Possessed of a strong sense of religious and cultural superiority, the Arab world for decades looked to one nostrum after another to restore it to glory, to cure its “humiliation” by Western power. Some looked to Soviet Communism; that romance petered out. Then there was pan-Arabism, epitomized by Nasser, involving such short-lived experiments as the union between Syria and Egypt. The enthusiasm for Pan-Arabism faltered when it failed to achieve Arab “glory.” What has replaced pan-Arabism is the notion that Islam is the answer, that a pure Islam is the tool to restore worldwide Moslem preeminence. For the West the worst possible outcome would be if the Islamists, whose goals go way beyond the pan-Arabists, were to prove they had found the path that works.

Bin Laden has repeatedly stated his belief that Islam defeated one of the two great powers in Afghanistan. He is convinced the other is weak and without will, a belief the vigorous U.S. response in the wake of 9/11 only temporarily undermined. To the Moslem world Israel and the U.S. are umbilically tied. Many of us in the West may know that U.S. support for Israel has been wavering and less than full-throated. But that’s not how the Moslem world sees it. The destruction of Israel would be seen as a huge defeat for the U.S. There could be nothing more likely to produce the wreck of U.S. interests and policies throughout the Middle East, no greater boost for the Islamists in encouraging them to pursue their larger war against Judeo-Christian civilization.

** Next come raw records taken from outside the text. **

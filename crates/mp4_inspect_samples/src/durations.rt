//! The duration of a fragment.

ghost use Rattle.std.specs.Prelude.{◌≡◌, ◌-◌, ◌^◌, min};
ghost use Rattle.mp4_inspect_samples.specs.Segments.{default_duration, duration_before, duration_in, duration_of};
ghost use Rattle.mp4_inspect_samples.specs.Segments.{runs_duration};

use mp4_movie::TrackFragment;
use mp4_tables::TrunBox;

/// Returns the duration of a sample for which its run lists none.
fn default_duration(fragment: &TrackFragment) -> u32
    ensures { result ≡ default_duration fragment.now }
{
    fragment
        .header
        .default_sample_duration
        .unwrap_or(fragment.defaults.default_sample_duration)
}

/// Returns the duration of sample `index` of `run`, which is `default` if the run lists none.
fn duration_in(default: u32, run: &TrunBox, index: u32) -> u32
    ensures { result ≡ duration_in default run.now index }
{
    match run.sample_durations.as_slice().get(index as usize) {
        Some(duration) => *duration,
        None => default,
    }
}

/// Returns the duration of the samples of `run`. A sample for which it lists no duration has the duration `default`. It
/// takes one step for each duration that the run lists.
fn run_duration(default: u32, run: &TrunBox) -> u64
    ensures { result ≡ duration_before default run.now run.now.sample_count }
{
    let count = run.sample_count;
    let listed = run.sample_durations.as_slice().len().min(count as usize) as u32;
    let mut total: u64 = 0;
    for index in 0..listed {
        total += u64::from(duration_in(default, run, index));
    }
    total + u64::from(count - listed) * u64::from(default)
}

/// Returns the duration of the samples of `runs`, or 2^64 - 1 if it is longer.
fn runs_duration(default: u32, runs: &[TrunBox]) -> u64
    ensures { result ≡ min (runs_duration default runs.now) (2 ^ 64 - 1) }
{
    let mut total: u64 = 0;
    'runs: for index in 0..runs.len() {
        total = total.saturating_add(run_duration(default, &runs[index]));
    }
    total
}

/// Returns the duration of the samples of `fragment`, in the timescale of its media, or 2^64 - 1 if it is longer.
pub fn duration_of(fragment: &TrackFragment) -> u64
    ensures { result ≡ duration_of fragment.now }
{
    runs_duration(default_duration(fragment), &fragment.runs)
}
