fn idle_doing(
    plan: &Plan,
    round: &Round,
    node: &Node,
    standing: &Standing,
    back: Option<u64>,
    since: Since,
    seats: &mut SeatStates,
) -> Option<Doing>
    requires seats { seats.old ≡ seats_of plan.now standing.now.top node.now }
    requires roster { node.now.roster.iterations ≡ plan.now.iterations }
    ensures doing { result ≡ idle_doing plan.now round.now node.now standing.now back since }
    ensures stays { seats.new ≡ seats.old }
{
    match move_of(plan, round, node, standing, back, since, seats) {
        Some(_) => Some(Doing::Move),
        None => run_due(plan, node, standing.top, back, seats),
    }
}

fn run_due(
    plan: &Plan,
    node: &Node,
    top: u64,
    back: Option<u64>,
    seats: &mut SeatStates,
) -> Option<Doing>
    requires { seats.old ≡ seats_of plan.now top node.now }
    ensures doing { (t : Standing) → t.top ≡ top → result ≡ run_due plan.now node.now t back }
    ensures stays { seats.new ≡ seats.old }
{
    match back {
        Some(_) => None,
        None => match first_running(plan, node, top, seats) {
            Some(e) => Some(Doing::Run(e)),
            None => None,
        },
    }
}

// The least element that can run.
#[tactic(auto, using(crate::proofs::Seating::rests_is, crate::proofs::Seating::none_is, crate::proofs::Seating::some_is))]
fn first_running(plan: &Plan, node: &Node, top: u64, seats: &mut SeatStates) -> Option<ElementId>
    requires { seats.old ≡ seats_of plan.now top node.now }
    ensures first { result ≡ first_running plan.now top node.now }
    ensures stays { seats.new ≡ seats.old }
{
    let _ = plan;
    let _ = top;
    if node.rests() {
        return None;
    }
    match seats.first_able() {
        None => None,
        Some(seat) => node.element_of_seat(seat),
    }
}

// ---- events

impl Slot {
    /// It hears, moves or runs an element. What it sends is put into an outbox, which is empty before.
    ///
    /// `Memory`: an allocation was refused; the slot is of no further use.
    pub fn act<M: Placement>(
        &mut self,
        alloc: Global,
        setting: &Setting<'_, M>,
        doing: Doing,
        cut: &mut Cut,
        out: &mut Outbox,
    ) -> Result<(), Memory>
        requires served { Served setting.now cut.old self.old }
        requires empty { out.old ≡ [] }
        ensures { OnOk result (record { slot = self.new; cut = cut.new; out = out.new }
            ≡ does setting.now cut.old doing self.old) }
    {
        match doing {
            Doing::Hear => self.hear(alloc, setting, cut, out),
            Doing::Move => self.make_move(alloc, setting, cut, out),
            Doing::Run(e) => self.run(alloc, setting, e, cut, out),
        }
    }

    // Runs an element, unless it has to go back.
    fn run<M: Placement>(
        &mut self,
        alloc: Global,
        setting: &Setting<'_, M>,
        e: ElementId,
        cut: &Cut,
        out: &mut Outbox,
    ) -> Result<(), Memory>
        requires served { Served setting.now cut.now self.old }
        requires empty { out.old ≡ [] }
        ensures { OnOk result (record { slot = self.new; cut = cut.now; out = out.new }
            ≡ slot_ran setting.now cut.now e self.old) }
    {
        nodes_keep();
        if self.back.is_some() {
            return Ok(());
        }
        let standing = cut.standing(self.node.slot());
        let top = standing.top;
        let plan = setting.plan;
        self.node
            .run_into(alloc, plan, setting.script, setting.map, e, top, out)?;
        mark(plan, top, &self.node, e, &mut self.seats);
        self.tell(plan, &cut.round(), &standing);
        Ok(())
    }

    // Hears its first letter, where there is one. A message for an element is read where it lies.
    fn hear<M: Placement>(
        &mut self,
        alloc: Global,
        setting: &Setting<'_, M>,
        cut: &Cut,
        out: &mut Outbox,
    ) -> Result<(), Memory>
        requires served { Served setting.now cut.now self.old }
        requires empty { out.old ≡ [] }
        ensures { OnOk result (record { slot = self.new; cut = cut.now; out = out.new }
            ≡ slot_heard setting.now cut.now self.old self.old.box) }
    {
        nodes_keep();
        if hear_parcel(setting, &self.inbox, &mut self.node, &mut self.seats)? {
            self.inbox.forget_first();
            self.tell_in(setting.plan, cut);
            return Ok(());
        }
        self.hear_letter(alloc, setting, cut, out)
    }

    // Hears its first letter, where there is one, whatever it is.
    fn hear_letter<M: Placement>(
        &mut self,
        alloc: Global,
        setting: &Setting<'_, M>,
        cut: &Cut,
        out: &mut Outbox,
    ) -> Result<(), Memory>
        requires served { Served setting.now cut.now self.old }
        requires empty { out.old ≡ [] }
        ensures { OnOk result (record { slot = self.new; cut = cut.now; out = out.new }
            ≡ slot_heard setting.now cut.now self.old self.old.box) }
    {
        nodes_keep();
        match self.inbox.take() {
            Some(letter) => {
                let plan = setting.plan;
                let standing = cut.standing(self.node.slot());
                let reach = reach_of(self.node.stamp(), &letter);
                self.back = back_after(&letter, self.back);
                self.since = since_after(&letter, self.since);
                *out = self
                    .node
                    .hear(alloc, plan, setting.script, setting.map, letter)?;
                mark_by(plan, standing.top, &self.node, reach, &mut self.seats)?;
                self.tell(plan, &cut.round(), &standing);
                Ok(())
            }
            None => Ok(()),
        }
    }

    // What it would do next, after an event that left what it keeps of its objects right.
    fn tell(&mut self, plan: &Plan, round: &Round, standing: &Standing)
        requires seats { self.old.seats ≡ seats_of plan.now standing.now.top self.old.node }
        requires roster { self.old.node.roster.iterations ≡ plan.now.iterations }
        ensures { self.new ≡ record self.old {
          doing = doing_of plan.now round.now standing.now self.old.node self.old.box
              self.old.back self.old.since;
        } }
    {
        self.doing = doing_of(
            plan,
            round,
            standing,
            &self.node,
            &self.inbox,
            self.back,
            self.since,
            &mut self.seats,
        );
    }

    // The same in the agreement as it stands, of which nothing is asked where a letter waits.
    fn tell_in(&mut self, plan: &Plan, cut: &Cut)
        requires slot { HasSlot cut.now self.old.node.slot }
        requires seats { self.old.seats
            ≡ seats_of plan.now (stand cut.now self.old.node.slot).top self.old.node }
        requires roster { self.old.node.roster.iterations ≡ plan.now.iterations }
        ensures { self.new ≡ record self.old {
          doing = doing_of plan.now cut.now.round (stand cut.now self.old.node.slot)
              self.old.node self.old.box self.old.back self.old.since;
        } }
    {
        if self.inbox.has_letter() {
            self.doing = Some(Doing::Hear);
        } else {
            let standing = cut.standing(self.node.slot());
            self.tell(plan, &cut.round(), &standing);
        }
    }

    // Makes the first move that is due.
    fn make_move<M: Placement>(
        &mut self,
        alloc: Global,
        setting: &Setting<'_, M>,
        cut: &mut Cut,
        out: &mut Outbox,
    ) -> Result<(), Memory>
        requires served { Served setting.now cut.old self.old }
        requires empty { out.old ≡ [] }
        ensures { OnOk result (record { slot = self.new; cut = cut.new; out = out.new }
            ≡ slot_moved setting.now cut.old self.old) }
    {
        match self.due_move(setting.plan, cut) {
            None => Ok(()),
            Some(due) => self.make(alloc, setting, due, cut, out),
        }
    }

    // Makes a move that is due.
    fn make<M: Placement>(
        &mut self,
        alloc: Global,
        setting: &Setting<'_, M>,
        due: SlotMove,
        cut: &mut Cut,
        out: &mut Outbox,
    ) -> Result<(), Memory>
        requires served { Served setting.now cut.old self.old }
        requires due { slot_move setting.now.plan cut.old self.old ≡ Some due }
        requires empty { out.old ≡ [] }
        ensures { OnOk result (record { slot = self.new; cut = cut.new; out = out.new }
            ≡ slot_moved_by setting.now cut.old self.old (Some due)) }
    {
        match due {
            SlotMove::See => self.shift(setting.plan, due, cut),
            SlotMove::Rewind { .. } => self.shift(setting.plan, due, cut),
            SlotMove::Release => self.shift(setting.plan, due, cut),
            SlotMove::Report => self.shift(setting.plan, due, cut),
            SlotMove::Pack { k } => self.pack(alloc, setting, k, cut, out),
            SlotMove::Begin { .. } => self.shift(setting.plan, due, cut),
        }
    }
}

If solving the Arab-Israel problem is the path to perdition, what policies can productively be pursued in respect to the Middle East? Deterrence? Exploiting divisions within Islam? Military action? Supporting internal dissidents within individual countries? Sharply curtailing Moslem immigration to the West? A crash program to develop non-mid East energy sources? A combination of these? Other possibilities? We are in for a long struggle against a resurgent Islam and there are no Five Easy Steps to End the Islamic Threat. This said, it is past time for some genuine realism to be brought to bear in thinking about the problems of the Middle East, not the phony kind James Baker represents. Putting the idea of solving the Arab Israel conflict in the diplomatic trash bin should be the first order of business.